According to the embodiment of the present invention, preferably, the prioritizing according to the scoring result, and after the parkinson association model is constructed, the method further includes:

building an analysis frame by using a PHP-based web frame Lavarel;

performing an evaluation analysis on the first genetic data and the second genetic data in the analysis framework in combination with 63 pieces of software or algorithms.

receiving a genomics file uploaded by a user;

and evaluating the reliability of the genes in the genomics file related to the Parkinson's disease according to a Parkinson association model.

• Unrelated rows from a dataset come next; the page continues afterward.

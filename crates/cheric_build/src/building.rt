//! Building: from a C file to the ELF file.
ghost use Rattle.std.specs.Prelude.{◌≡◌, true, IfOk, IfErr};
ghost use Rattle.bounds_place.specs.Sizes.{in_range, usual, HasSizes};
ghost use Rattle.cheric_build.specs.FromFile.{IsBuiltFrom, IsFileRefusal, IsMadeOf};

use crate::front_end::front;
use bounds_place::{Sizes, USUAL};
use ck_base::Refusal;
use std::alloc::Global;
use typed_build::{Built, build_typed};

/// Builds a C file. Where it answers a build, the file is accepted, and the bytes, the map and the count are built of
/// each typed program as which it is accepted, and the code and the homes are those of one. A file is refused by the
/// first rule that it breaks. The heap has 16,777,216 bytes and the stack 1,048,576.
pub fn build(alloc: Global, file: &[u8]) -> Result<Built, Refusal>
    ensures built { IfOk result (λ b. IsBuiltFrom file.now b.elf.items b.map b.count) }
    ensures made { IfOk result (λ b. IsMadeOf file.now b.code b.places.items b.elf.items b.map) }
    ensures sized { IfOk result (λ b. HasSizes usual b.map) }
    ensures refused { IfErr result (IsFileRefusal file.now) }
{
    build_sized(alloc, file, USUAL)
}

/// Builds a C file as `build` does, for a heap and a stack of these sizes.
pub fn build_sized(alloc: Global, file: &[u8], sizes: Sizes) -> Result<Built, Refusal>
    requires { in_range sizes ≡ true }
    ensures built { IfOk result (λ b. IsBuiltFrom file.now b.elf.items b.map b.count) }
    ensures made { IfOk result (λ b. IsMadeOf file.now b.code b.places.items b.elf.items b.map) }
    ensures sized { IfOk result (λ b. HasSizes sizes b.map) }
    ensures refused { IfErr result (IsFileRefusal file.now) }
{
    let p = front(alloc, file)?;
    build_typed(alloc, &p, sizes)
}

It will be apparent to those skilled in the art that the modules or steps of the present invention described above may be implemented by a general purpose computing device, they may be centralized on a single computing device or distributed across a network of multiple computing devices, and they may alternatively be implemented by program code executable by a computing device, such that they may be stored in a storage device and executed by a computing device, or fabricated separately as individual integrated circuit modules, or fabricated as a single integrated circuit module from multiple modules or steps. Thus, the present invention is not limited to any specific combination of hardware and software.

The above description is only a preferred embodiment of the present application and is not intended to limit the present application, and various modifications and changes may be made by those skilled in the art. Any modification, equivalent replacement, improvement and the like made within the spirit and principle of the present application shall be included in the protection scope of the present application.

Claims

1. A construction method of a Parkinson disease genomics correlation model is characterized by comprising the following steps:

acquiring first genetic data and second genetic data;

annotating the first genetic data and the second genetic data to obtain first annotated data and second annotated data;

scoring the first annotated data and the second genetic data according to a preset scoring rule;

and (4) dividing the priority level according to the scoring result to construct a Parkinson association model.

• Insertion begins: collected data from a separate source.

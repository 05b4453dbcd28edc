//! Statements (C11 6.8).
ghost use Rattle.std.specs.Prelude.{◌<◌};
ghost use Rattle.std.specs.Prelude.{◌≡◌, ◌∷◌, map, OnOk, option_map, slice_get, if◌then◌else◌};
ghost use Rattle.ck_base.specs.Runs.{Goes};
ghost use Rattle.c_tree.specs.declared.typed.Typed.{Typed};
ghost use Rattle.obj_mem.specs.Values.{value_of};
ghost use Rattle.cheri_c_sem.specs.Kinds as sem;
ghost use Rattle.cheri_c_sem.specs.Meaning.{first_of};
ghost use Rattle.cheri_c_sem.specs.Modes.{Store};
ghost use Rattle.cheri_c_sem.specs.Operations.{Operations};
ghost use Rattle.cheri_c_sem.specs.Order.{Ordered};
ghost use Rattle.cheri_c_sem.specs.Programs.{stmt_tree};
ghost use Rattle.cheri_c_sem.specs.Statements.{Breaks, Continues, default_of};
ghost use Rattle.cheri_c_sem.specs.Tree.{Ex};
ghost use Rattle.mean_types.specs.Views.{kind_of};
ghost use Rattle.mean_steps.specs.Machine.{choose_label, execute, jumped};
ghost use Rattle.mean_steps.specs.Machine.{again, behind, branch, tested, turned_to, execs_behind, Behind};
ghost use Rattle.mean_steps.specs.Parts.{Now, find_label, leave, test, On};
ghost use Rattle.mean_run.specs.Labels.{IsAt, labels_of, at_label};
ghost use Rattle.mean_run.specs.Done.{DoneBy, SwitchedBy};
ghost use Rattle.mean_run.specs.Begun.{Executed, declared_in, next_one, parts_in, tests};
ghost use Rattle.mean_run.specs.Branches.{AgainBy, Branched, BranchedBy, ForAgain, ForTested, TestAgain, TestedBy};
ghost use Rattle.mean_run.specs.Branches.{other_branch};
ghost use Rattle.mean_run.specs.Parts.{Does, Gives, Unless_wanting};
ghost use Rattle.mean_run.specs.Views.{declared_of, now_of, moment_of, funs_of, item_of, vars_at, loop_of, parts_of};
ghost use Rattle.mean_run.specs.Steps.{Proceeds, ComesToTest};
ghost use Rattle.mean_run.specs.Sources.{IsSource};

use crate::blocks::{enter_block, leave_block};
use crate::branches::Next;
use crate::choices::kind_at;
use crate::state::{Source, State};
use crate::storage::Storage;
use c_tree::{Stmt, StmtKind, SwitchLabel, Typed};
use ck_base::{NoMemory, Pos};
use ck_int::CmpOp;
use mean_operations::{Operations, compared, is_true};
use mean_types::{Kind, NOTHING, constant_of};
use mean_work::{Stop, Work, fault_end};
use obj_mem::Value;

/// Where the statements of a number stand in a program.
pub fn statement_at(p: &Typed, k: u32) -> Option<&Stmt>
    ensures { option_map (λ a. a.now) result ≡ slice_get p.now.stmts k }
{
    p.stmts.as_slice().get(k as usize)
}

/// Where a `switch` goes on: at the first label with the value, and else at `default`.
fn find_label<B: Operations>(
    m: &B,
    pos: Pos,
    kind: Kind,
    v: Value,
    labels: &[SwitchLabel],
) -> Result<Option<u32>, Stop>
    ensures { (n : Now Store) → n.mem ≡ B.held m.now → Gives (find_label (B.meaning m.now) pos (kind_of kind)
        (value_of v) (labels_of labels.now) (default_of (labels_of labels.now)) n) (λ o. o) n result }
{
    'labels: for l in labels {
        match is_at(m, pos, kind, v, l) {
            Err(stop) => return Err(stop),
            Ok(true) => return Ok(Some(l.before)),
            Ok(false) => {}
        }
    }
    Ok(default_of(labels))
}

/// Whether a label has the value.
fn is_at<B: Operations>(
    m: &B,
    pos: Pos,
    kind: Kind,
    v: Value,
    l: &SwitchLabel,
) -> Result<bool, Stop>
    ensures { IsAt (B.meaning m.now) pos (kind_of kind) (value_of v) (B.held m.now) l.now.value result }
{
    match l.value {
        None => Ok(false),
        Some(c) => match compared(m, CmpOp::Eq, kind, v, constant_of(kind, c)) {
            Err(f) => Err(Stop::Ended(fault_end(f, pos))),
            Ok(holds) => Ok(holds),
        },
    }
}

/// Where the `default` label stands, if there is one.
fn default_of(labels: &[SwitchLabel]) -> Option<u32>
    ensures { result ≡ default_of (labels_of labels.now) }
{
    'labels: for l in labels {
        if l.value.is_none() {
            return Some(l.before);
        }
    }
    None
}

/// The other branch of an `if`, or nothing.
fn other_branch(f: u32, no: Option<u32>) -> Work
    ensures { result ≡ other_branch f no }
{
    match no {
        None => Work::Nothing,
        Some(b) => Work::Statement(f, b),
    }
}

/// The variables whose scope is a block, a `for` or a `switch`.
fn declared_in(a: &Stmt) -> &[u32]
    ensures { result.now ≡ declared_in a.now.kind }
{
    match &a.kind {
        StmtKind::Block { vars, .. } => vars.as_slice(),
        StmtKind::For { vars, .. } => vars.as_slice(),
        StmtKind::Switch { vars, .. } => vars.as_slice(),
        _ => &[],
    }
}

2. The construction method according to claim 1, wherein acquiring the first genetic data and the second genetic data comprises:

acquiring literature data in PubMed and gene data submitted by a user;

3. The construction method according to claim 1, wherein annotating the first genetic data and the second genetic data, resulting in first annotated data and second annotated data comprises:

4. The construction method according to claim 1, wherein scoring the annotated data and the second genetic data according to a preset scoring rule comprises:

5. The construction method of claim 1, wherein the prioritizing according to the scoring results and constructing the parkinson correlation model comprises:

giving confidence level to each score area according to the scores;

6. The construction method according to claim 1, wherein the prioritizing according to the scoring results further comprises, after constructing the parkinson correlation model:

adopting a PHP-based web framework Lavarel to build an online database and an analysis framework;

7. The construction method according to claim 1, wherein the prioritizing according to the scoring results further comprises, after constructing the parkinson correlation model:

receiving a genomics file uploaded by a user;

8. A device for constructing a Parkinson disease genomics correlation model is characterized by comprising the following components:

an acquisition module for acquiring first genetic data and second genetic data;

the annotation module is used for annotating the first genetic data and the second genetic data to obtain first annotated data and second annotated data;

a scoring module for scoring the first annotated data and the second genetic data according to a preset scoring rule;

and the construction module is used for dividing priority levels according to the scoring results and constructing the Parkinson association model.

9. A server, comprising: the method of constructing a parkinsonism genomics linked model of any one of claims 1 to 7.

10. A storage medium, comprising: the method of constructing a parkinsonism genomics linked model of any one of claims 1 to 7.